§ **TASK REQUIREMENTS**:
The output is the lines below from the one with "fn memory_of(alloc: Global, min: u32)" through the one with "let table: [(u32, &[u8]);", both included, printed exactly and with no other line.

§ **Data records**:
● ● ● ● ● ● ●

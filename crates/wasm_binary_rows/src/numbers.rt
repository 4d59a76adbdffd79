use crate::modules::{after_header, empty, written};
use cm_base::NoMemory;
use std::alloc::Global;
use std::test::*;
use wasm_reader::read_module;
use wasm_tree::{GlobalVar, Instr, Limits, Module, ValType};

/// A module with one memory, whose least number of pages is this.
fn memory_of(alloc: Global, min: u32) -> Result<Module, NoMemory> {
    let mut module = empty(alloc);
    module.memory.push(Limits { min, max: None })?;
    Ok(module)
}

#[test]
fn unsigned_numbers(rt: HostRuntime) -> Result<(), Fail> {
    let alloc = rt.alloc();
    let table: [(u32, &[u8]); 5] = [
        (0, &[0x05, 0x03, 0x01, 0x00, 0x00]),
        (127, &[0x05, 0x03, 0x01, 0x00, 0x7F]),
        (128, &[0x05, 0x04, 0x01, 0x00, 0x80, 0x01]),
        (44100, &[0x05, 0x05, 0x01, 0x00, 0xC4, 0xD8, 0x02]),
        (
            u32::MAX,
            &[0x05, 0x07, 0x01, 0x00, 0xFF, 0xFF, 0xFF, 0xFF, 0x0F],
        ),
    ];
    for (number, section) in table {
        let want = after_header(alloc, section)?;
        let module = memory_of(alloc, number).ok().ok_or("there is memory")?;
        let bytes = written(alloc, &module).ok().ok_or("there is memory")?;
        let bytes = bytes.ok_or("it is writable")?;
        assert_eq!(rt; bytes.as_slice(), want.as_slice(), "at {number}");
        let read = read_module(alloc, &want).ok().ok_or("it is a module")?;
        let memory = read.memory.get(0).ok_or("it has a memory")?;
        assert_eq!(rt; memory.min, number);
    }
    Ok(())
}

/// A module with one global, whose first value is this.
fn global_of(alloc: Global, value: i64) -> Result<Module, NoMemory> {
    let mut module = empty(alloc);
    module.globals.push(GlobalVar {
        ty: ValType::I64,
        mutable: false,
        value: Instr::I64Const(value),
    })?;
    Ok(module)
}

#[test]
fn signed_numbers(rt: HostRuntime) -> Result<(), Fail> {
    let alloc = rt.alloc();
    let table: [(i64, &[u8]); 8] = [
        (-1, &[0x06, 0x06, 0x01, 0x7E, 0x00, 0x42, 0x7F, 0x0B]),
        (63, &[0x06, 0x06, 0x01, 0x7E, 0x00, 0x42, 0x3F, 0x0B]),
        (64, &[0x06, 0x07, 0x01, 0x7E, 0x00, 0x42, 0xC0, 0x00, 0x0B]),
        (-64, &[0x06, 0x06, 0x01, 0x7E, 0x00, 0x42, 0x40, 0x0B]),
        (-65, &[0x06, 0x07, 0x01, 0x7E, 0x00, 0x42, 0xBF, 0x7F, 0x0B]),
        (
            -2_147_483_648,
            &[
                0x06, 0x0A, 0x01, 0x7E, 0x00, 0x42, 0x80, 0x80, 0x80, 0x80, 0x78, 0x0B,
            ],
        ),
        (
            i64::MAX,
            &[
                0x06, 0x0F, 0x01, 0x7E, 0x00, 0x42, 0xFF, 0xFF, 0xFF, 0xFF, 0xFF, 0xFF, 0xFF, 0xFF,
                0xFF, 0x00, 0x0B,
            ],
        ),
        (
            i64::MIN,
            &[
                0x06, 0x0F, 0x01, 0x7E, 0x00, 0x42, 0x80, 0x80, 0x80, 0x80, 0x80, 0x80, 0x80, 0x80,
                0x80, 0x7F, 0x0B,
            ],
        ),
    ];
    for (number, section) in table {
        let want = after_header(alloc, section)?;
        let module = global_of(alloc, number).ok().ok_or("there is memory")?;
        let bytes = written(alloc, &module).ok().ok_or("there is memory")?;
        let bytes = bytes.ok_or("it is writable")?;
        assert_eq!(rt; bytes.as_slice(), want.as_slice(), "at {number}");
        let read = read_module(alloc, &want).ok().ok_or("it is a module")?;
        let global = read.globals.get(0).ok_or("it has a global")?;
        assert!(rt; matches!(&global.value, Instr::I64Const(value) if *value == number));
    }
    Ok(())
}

● ● ● ● ● ● ●

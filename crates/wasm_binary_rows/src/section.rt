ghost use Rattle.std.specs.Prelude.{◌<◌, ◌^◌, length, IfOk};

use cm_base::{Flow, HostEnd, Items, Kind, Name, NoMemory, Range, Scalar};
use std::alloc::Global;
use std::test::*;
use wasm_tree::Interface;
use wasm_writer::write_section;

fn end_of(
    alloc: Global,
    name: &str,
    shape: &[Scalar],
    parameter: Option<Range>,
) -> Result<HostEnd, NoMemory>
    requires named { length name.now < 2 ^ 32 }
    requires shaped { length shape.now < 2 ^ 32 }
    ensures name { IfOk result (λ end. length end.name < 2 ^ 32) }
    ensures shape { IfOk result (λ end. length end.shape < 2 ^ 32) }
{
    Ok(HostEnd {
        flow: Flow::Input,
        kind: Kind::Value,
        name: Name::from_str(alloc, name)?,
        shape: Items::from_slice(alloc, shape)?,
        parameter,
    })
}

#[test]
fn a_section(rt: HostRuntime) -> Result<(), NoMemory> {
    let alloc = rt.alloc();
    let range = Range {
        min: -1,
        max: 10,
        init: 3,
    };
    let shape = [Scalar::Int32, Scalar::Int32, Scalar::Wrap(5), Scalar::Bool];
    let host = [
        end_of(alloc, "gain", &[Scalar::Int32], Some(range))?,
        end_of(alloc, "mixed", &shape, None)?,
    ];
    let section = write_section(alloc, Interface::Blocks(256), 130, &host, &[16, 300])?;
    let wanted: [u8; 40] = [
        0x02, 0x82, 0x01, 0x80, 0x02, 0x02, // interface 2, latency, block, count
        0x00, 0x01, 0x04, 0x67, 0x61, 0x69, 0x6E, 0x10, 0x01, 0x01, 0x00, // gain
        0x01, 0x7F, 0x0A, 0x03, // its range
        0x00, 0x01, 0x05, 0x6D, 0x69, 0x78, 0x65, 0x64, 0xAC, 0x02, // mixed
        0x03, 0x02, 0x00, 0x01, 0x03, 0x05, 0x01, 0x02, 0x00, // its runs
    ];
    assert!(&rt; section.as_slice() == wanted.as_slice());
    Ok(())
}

● ● ● ● ● ● ●

§ **SOLUTION FOR THIS EXERCISE**:
fn memory_of(alloc: Global, min: u32) -> Result<Module, NoMemory> {
    let mut module = empty(alloc);
    module.memory.push(Limits { min, max: None })?;
    Ok(module)
}

#[test]
fn unsigned_numbers(rt: HostRuntime) -> Result<(), Fail> {
    let alloc = rt.alloc();
    let table: [(u32, &[u8]); 5] = [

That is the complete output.